Competitor to Coach
The competitor asks: how do I get better? The coach asks: how do I make them better?
That distinction sounds simple. It is not.
Most of those who end up coaching get there the same way; grinding, competing, accumulating knowledge through years of getting tapped and tapping others. Then they start teaching the way they trained: demonstrate, correct, and share what worked for them. They are, in that phase, still competitors.
That is being a cook. Skilled, but still self-oriented. The cook's frame of reference is limited to their own game. The food they know how to make.
A chef, in contrast, runs the kitchen. They think about every station at once, asking what the team, these people, with these attributes, needs to become more than the sum of its parts. They must subordinate their own preferences, ego, and personal aesthetic, to something larger. The kitchen's success is his success. There is no separation.

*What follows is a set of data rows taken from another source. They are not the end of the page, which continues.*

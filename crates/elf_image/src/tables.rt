//! The tables that say how a file is relocated, with their checks.
ghost use Rattle.std.specs.Prelude.{◌≡◌, ◌<◌, ◌≤◌, ℕ, List, IfErr, IfOk, IfSome};
ghost use Rattle.std.specs.Prelude.{◌==◌, not, option_map, unwrap_or};
ghost use Rattle.elf_model.specs.Checks.{first_refusal};
ghost use Rattle.elf_model.specs.DynamicRelocations.{form_size, table_mapped};
ghost use Rattle.elf_model.specs.ImageChecks.{addend_checks, image_symbol_checks, linkage_table};
ghost use Rattle.elf_model.specs.ImageChecks.{rela_table};
ghost use Rattle.elf_model.specs.LoaderScope.{checks_of_row, rest_checks, tagged_row};
ghost use Rattle.elf_model.specs.Numbers.{DT_SYMTAB};
ghost use Rattle.elf_model.specs.declared.causes.Cause.TheVariants.{Unsupported};
ghost use Rattle.elf_model.specs.declared.relocation_tables.RelocationForm.{RelocationForm};
ghost use Rattle.elf_model.specs.declared.relocation_tables.RelocationTable.{RelocationTable};
ghost use Rattle.elf_model.specs.declared.relocation_tables.RelocationTable.TheVariants.{Jmprel, Rel};
ghost use Rattle.elf_table.specs.Prelude.{HoldsProgramHeaders, IsOfCheck};
ghost use Rattle.elf_hash.specs.Entries.{dynamic_entry_at};
ghost use Rattle.elf_hash.specs.RelocationTables.{AreTableEntries, IsEntryOf};
ghost use Rattle.elf_image.specs.Located.{AreImageRows, AreImageTables, ChecksThen, HasOneForm};
ghost use Rattle.elf_image.specs.Located.{HasTables, IsMapped, MapsLocated, MapsTable};
ghost use Rattle.elf_image.specs.Located.{image_table_checks, kind_row_checks, plain_checks};
ghost use Rattle.elf_image.specs.Relocated.{AreEntrySymbols};
ghost use Rattle.elf_image.specs.Within.{IsTableWithin, TablesWithin};

use crate::dynamic_rows::ImageRows;
use elf_hash::{DynEntry, TableEntries};
use elf_record::Cause;
use elf_record::sizes::{RELOCATION_BYTES, RELR_BYTES, SYMBOL_BYTES};
use elf_table::{ExecutionView, Fault, Table, refused};

/// The value of DT_PLTREL for entries with addends, which is their tag.
const WITH_ADDENDS: u64 = 7;

/// A table of relocations: its rows, and its first address in the file.
#[derive(Clone, Copy)]
pub(crate) struct MappedTable {
    pub(crate) address: u64,
    pub(crate) rows: Table,
}

/// The tables that say how a file is relocated.
#[derive(Clone, Copy)]
pub(crate) struct ImageTables {
    /// Relative relocations, words of 8 bytes.
    pub(crate) compact: MappedTable,
    /// Entries with addends, 24 bytes each.
    pub(crate) addends: MappedTable,
    /// Those of calls.
    pub(crate) calls: MappedTable,
    /// The symbols that the entries refer to, if there are any.
    pub(crate) symbols: Option<Table>,
}

/// Returns the tables that the dynamic entries locate. No bytes are read.
///
/// # Errors
/// Returns the first check that fails: `Unsupported` at DT_REL for entries without addends, and at
/// DT_PLTREL for such calls; those of each table; those of [`ExecutionView::rest`] for the symbols.
pub(crate) fn image_tables(view: &ExecutionView<'_>, rows: &ImageRows) -> Result<ImageTables, Fault>
    ensures within { IfOk result (TablesWithin view.now.loaded.size) }
    ensures refusal { IfErr result IsOfCheck }
    ensures tables { (file : List ℕ) (at : ℕ) →
        HoldsProgramHeaders file view.now.loaded view.now.store.now →
        AreImageRows file at rows.now →
        ChecksThen (image_table_checks file at) (AreImageTables file at) result }
{
    if let Some(at) = unsupported_row(rows) {
        return refused(at, Cause::Unsupported);
    }
    let compact = checked_mapped_table(view, &rows.compact, RELR_BYTES, RELR_BYTES)?;
    let addends = checked_mapped_table(view, &rows.addends, RELOCATION_BYTES, RELOCATION_BYTES)?;
    let calls = checked_mapped_table(view, &rows.calls, RELOCATION_BYTES, WITH_ADDENDS)?;
    let symbols = entry_symbols(view, &addends, &calls, rows.symbols)?;
    Ok(ImageTables {
        compact,
        addends,
        calls,
        symbols,
    })
}

/// Returns the offset of the dynamic entry that locates entries without addends, if there are some.
fn unsupported_row(rows: &ImageRows) -> Option<u64>
    ensures { (file : List ℕ) (at : ℕ) → AreImageRows file at rows.now →
        first_refusal (addend_checks file at) ≡ option_map (λ row. record {
          at = row;
          cause = Unsupported;
        }) result }
{
    if let Some(at) = plain_row(&rows.plain) {
        return Some(at);
    }
    other_kind_row(&rows.calls)
}

/// Returns the offset of DT_REL, if there are entries without addends.
fn plain_row(rows: &TableEntries) -> Option<u64>
    ensures { (file : List ℕ) (at : ℕ) → AreTableEntries file at Rel rows.now →
        first_refusal (plain_checks file at) ≡ option_map (λ row. record {
          at = row;
          cause = Unsupported;
        }) result }
{
    let address = rows.address?;
    if value_or(rows.size, 1) == 0 {
        return None;
    }
    Some(address.at)
}

/// Returns the offset of DT_PLTREL, if the calls are entries without addends.
fn other_kind_row(rows: &TableEntries) -> Option<u64>
    ensures { (file : List ℕ) (at : ℕ) → AreTableEntries file at Jmprel rows.now →
        first_refusal (kind_row_checks file at) ≡ option_map (λ row. record {
          at = row;
          cause = Unsupported;
        }) result }
{
    let _ = rows.address?;
    let kind = rows.row?;
    if kind.value == WITH_ADDENDS {
        return None;
    }
    Some(kind.at)
}

/// Returns the value of an entry, or another one without it.
pub(crate) fn value_or(row: Option<DynEntry>, value: u64) -> u64
    ensures { result ≡ unwrap_or (option_map (λ row. row.value) row) value }
{
    match row {
        Some(row) => row.value,
        None => value,
    }
}

/// Returns a table with rows of `entry` bytes, whose size is `told` in its dynamic entry; no rows
/// without an address or with the size 0.
///
/// # Errors
/// Returns the first check that fails: `Unmapped` at the address's entry without a size; `EntrySize`
/// there without the entry of the rows, and at that entry if it has another value; those of
/// [`mapped_rows`].
fn checked_mapped_table(
    view: &ExecutionView<'_>,
    rows: &TableEntries,
    entry: u64,
    told: u64,
) -> Result<MappedTable, Fault>
    requires { (0 < entry) × (entry ≤ 4096) }
    ensures within { IfOk result (λ table.
        IsTableWithin entry view.now.loaded.size table.rows) }
    ensures refusal { IfErr result IsOfCheck }
    ensures maps { (file : List ℕ) (at : ℕ) (table : RelocationTable) (form : RelocationForm) →
        HoldsProgramHeaders file view.now.loaded view.now.store.now →
        AreTableEntries file at table rows.now → form_size form ≡ entry →
        HasOneForm table form told rows.now → MapsTable file at table entry result }
{
    let Some(address) = rows.address else {
        return Ok(empty_table(0, entry));
    };
    let Some(size) = rows.size else {
        return refused(address.at, Cause::Unmapped);
    };
    if size.value == 0 {
        return Ok(empty_table(address.value, entry));
    }
    let Some(row) = rows.row else {
        return refused(address.at, Cause::EntrySize);
    };
    if row.value != told {
        return refused(row.at, Cause::EntrySize);
    }
    mapped_rows(view, &address, &size, entry)
}

/// Returns the table whose address and size two entries have, with rows of `entry` bytes.
///
/// # Errors
/// Returns the first check that fails: `SizeNotWhole` at the size's entry; those of
/// [`ExecutionView::mapped`].
fn mapped_rows(
    view: &ExecutionView<'_>,
    address: &DynEntry,
    size: &DynEntry,
    entry: u64,
) -> Result<MappedTable, Fault>
    requires width { (0 < entry) × (entry ≤ 4096) }
    requires some { 0 < size.now.value }
    ensures within { IfOk result (λ table.
        IsTableWithin entry view.now.loaded.size table.rows) }
    ensures refusal { IfErr result IsOfCheck }
    ensures maps { (file : List ℕ) (form : RelocationForm) →
        HoldsProgramHeaders file view.now.loaded view.now.store.now →
        IsEntryOf file address.now → IsEntryOf file size.now → form_size form ≡ entry →
        MapsLocated (table_mapped file address.now.at size.now.at form) address.now.value entry
        result }
{
    if size.value % entry != 0 {
        return refused(size.at, Cause::SizeNotWhole);
    }
    let found = view.mapped(address.value, size.value, address.at)?;
    let count = size.value / entry;
    Ok(MappedTable {
        address: address.value,
        rows: Table::new(found.at(), count, entry),
    })
}

/// Returns a table without rows.
fn empty_table(address: u64, entry: u64) -> MappedTable
    requires { (0 < entry) × (entry ≤ 4096) }
    ensures { result.rows ≡ record { at = 0; count = 0; entry = entry } }
{
    MappedTable {
        address,
        rows: Table::new(0, 0, entry),
    }
}

/// Returns the symbols that two tables of entries refer to, by the dynamic entry that has their
/// address; none without entries.
///
/// # Errors
/// Those of [`checked_symbols`].
fn entry_symbols(
    view: &ExecutionView<'_>,
    addends: &MappedTable,
    calls: &MappedTable,
    row: Option<DynEntry>,
) -> Result<Option<Table>, Fault>
    ensures within { IfOk result (λ found.
        IfSome found (IsTableWithin 24 view.now.loaded.size)) }
    ensures refusal { IfErr result IsOfCheck }
    ensures symbols { (file : List ℕ) (at : ℕ) →
        HoldsProgramHeaders file view.now.loaded view.now.store.now →
        IsMapped (rela_table file at) 24 addends.now →
        IsMapped (linkage_table file at) 24 calls.now →
        row ≡ option_map (dynamic_entry_at file) (tagged_row file at DT_SYMTAB) →
        ChecksThen (image_symbol_checks file at) (λ found. HasTables file at →
        AreEntrySymbols file at found) result }
{
    if !has_rows(addends) && !has_rows(calls) {
        return Ok(None);
    }
    checked_symbols(view, row)
}

/// Returns `true` if a table has rows.
fn has_rows(table: &MappedTable) -> bool
    ensures { result ≡ not (table.now.rows.count == 0) }
{
    table.rows.len() != 0
}

/// Returns the symbols from an address to the end of its segment, if a dynamic entry has it.
///
/// # Errors
/// Those of [`ExecutionView::rest`].
fn checked_symbols(view: &ExecutionView<'_>, row: Option<DynEntry>) -> Result<Option<Table>, Fault>
    ensures within { IfOk result (λ found.
        IfSome found (IsTableWithin 24 view.now.loaded.size)) }
    ensures refusal { IfErr result IsOfCheck }
    ensures symbols { (file : List ℕ) (at : ℕ) →
        HoldsProgramHeaders file view.now.loaded view.now.store.now →
        row ≡ option_map (dynamic_entry_at file) (tagged_row file at DT_SYMTAB) →
        ChecksThen (checks_of_row (tagged_row file at DT_SYMTAB) (rest_checks file))
        (AreEntrySymbols file at) result }
{
    let Some(row) = row else {
        return Ok(None);
    };
    let rest = view.rest(row.value, row.at)?;
    Ok(Some(Table::new(rest.at(), rest.len() / SYMBOL_BYTES, SYMBOL_BYTES)))
}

As a coach, you are not there to perform your knowledge. You are there to work for your students. They do not work for you. Every round you observe, every correction you give, every conversation before is an act of service. The question is never what do I want to teach today? It is what do they need from me right now?
This requires a selflessness that competitive training rarely develops. Competition selects for individuals who can impose their will. Coaching demands the opposite, the ability to find satisfaction not in your own execution, but in theirs.
That shift has to be chosen repeatedly. Ego reasserts itself; when you want to prove a point, when a student's success feels like it diminishes yours, when the temptation is to teach your game instead of theirs.
That is the difference. And it changes everything thereafter.